Dataset entries >>
━━━━

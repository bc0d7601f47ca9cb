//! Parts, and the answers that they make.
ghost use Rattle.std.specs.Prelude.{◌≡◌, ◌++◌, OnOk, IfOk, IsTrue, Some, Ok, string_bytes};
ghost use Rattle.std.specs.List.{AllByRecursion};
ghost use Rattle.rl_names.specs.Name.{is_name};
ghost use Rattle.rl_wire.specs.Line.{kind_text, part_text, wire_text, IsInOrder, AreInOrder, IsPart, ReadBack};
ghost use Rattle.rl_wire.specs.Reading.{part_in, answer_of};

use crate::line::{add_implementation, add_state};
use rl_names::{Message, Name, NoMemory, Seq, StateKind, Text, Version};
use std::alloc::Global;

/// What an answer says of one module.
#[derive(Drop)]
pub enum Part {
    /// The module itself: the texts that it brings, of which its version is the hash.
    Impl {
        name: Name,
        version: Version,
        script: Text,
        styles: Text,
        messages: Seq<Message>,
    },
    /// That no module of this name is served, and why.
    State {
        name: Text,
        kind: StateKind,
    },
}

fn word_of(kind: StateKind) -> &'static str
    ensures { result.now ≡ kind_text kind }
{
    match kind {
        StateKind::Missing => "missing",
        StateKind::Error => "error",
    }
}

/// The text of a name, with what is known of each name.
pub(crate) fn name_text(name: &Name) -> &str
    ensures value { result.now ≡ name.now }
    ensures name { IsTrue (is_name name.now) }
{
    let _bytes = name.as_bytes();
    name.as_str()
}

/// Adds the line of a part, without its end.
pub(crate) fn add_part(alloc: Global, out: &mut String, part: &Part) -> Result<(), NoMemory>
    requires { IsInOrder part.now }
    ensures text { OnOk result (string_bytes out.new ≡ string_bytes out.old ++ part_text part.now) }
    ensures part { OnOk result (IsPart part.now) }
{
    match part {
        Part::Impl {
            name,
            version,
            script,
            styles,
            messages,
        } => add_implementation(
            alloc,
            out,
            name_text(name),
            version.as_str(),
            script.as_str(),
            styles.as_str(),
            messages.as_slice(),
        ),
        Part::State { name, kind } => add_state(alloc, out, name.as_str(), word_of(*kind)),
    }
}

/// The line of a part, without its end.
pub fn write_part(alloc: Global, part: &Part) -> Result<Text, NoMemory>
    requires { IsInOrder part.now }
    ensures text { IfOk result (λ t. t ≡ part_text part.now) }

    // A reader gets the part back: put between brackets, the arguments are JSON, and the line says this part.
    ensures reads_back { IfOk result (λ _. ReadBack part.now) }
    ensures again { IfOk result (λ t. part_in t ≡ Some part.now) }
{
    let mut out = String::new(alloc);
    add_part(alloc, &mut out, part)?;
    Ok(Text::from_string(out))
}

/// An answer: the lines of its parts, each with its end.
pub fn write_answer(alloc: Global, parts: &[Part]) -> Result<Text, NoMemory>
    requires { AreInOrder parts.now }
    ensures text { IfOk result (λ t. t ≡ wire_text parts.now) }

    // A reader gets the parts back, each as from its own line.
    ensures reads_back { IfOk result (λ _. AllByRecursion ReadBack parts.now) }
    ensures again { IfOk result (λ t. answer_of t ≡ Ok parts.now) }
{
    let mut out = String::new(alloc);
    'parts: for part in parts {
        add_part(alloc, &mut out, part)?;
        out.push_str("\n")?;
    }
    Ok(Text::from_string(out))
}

━━━━

Exercise directions >> Respond with one number, the count of lines in the data that hold the string "messages".

Response below >> 3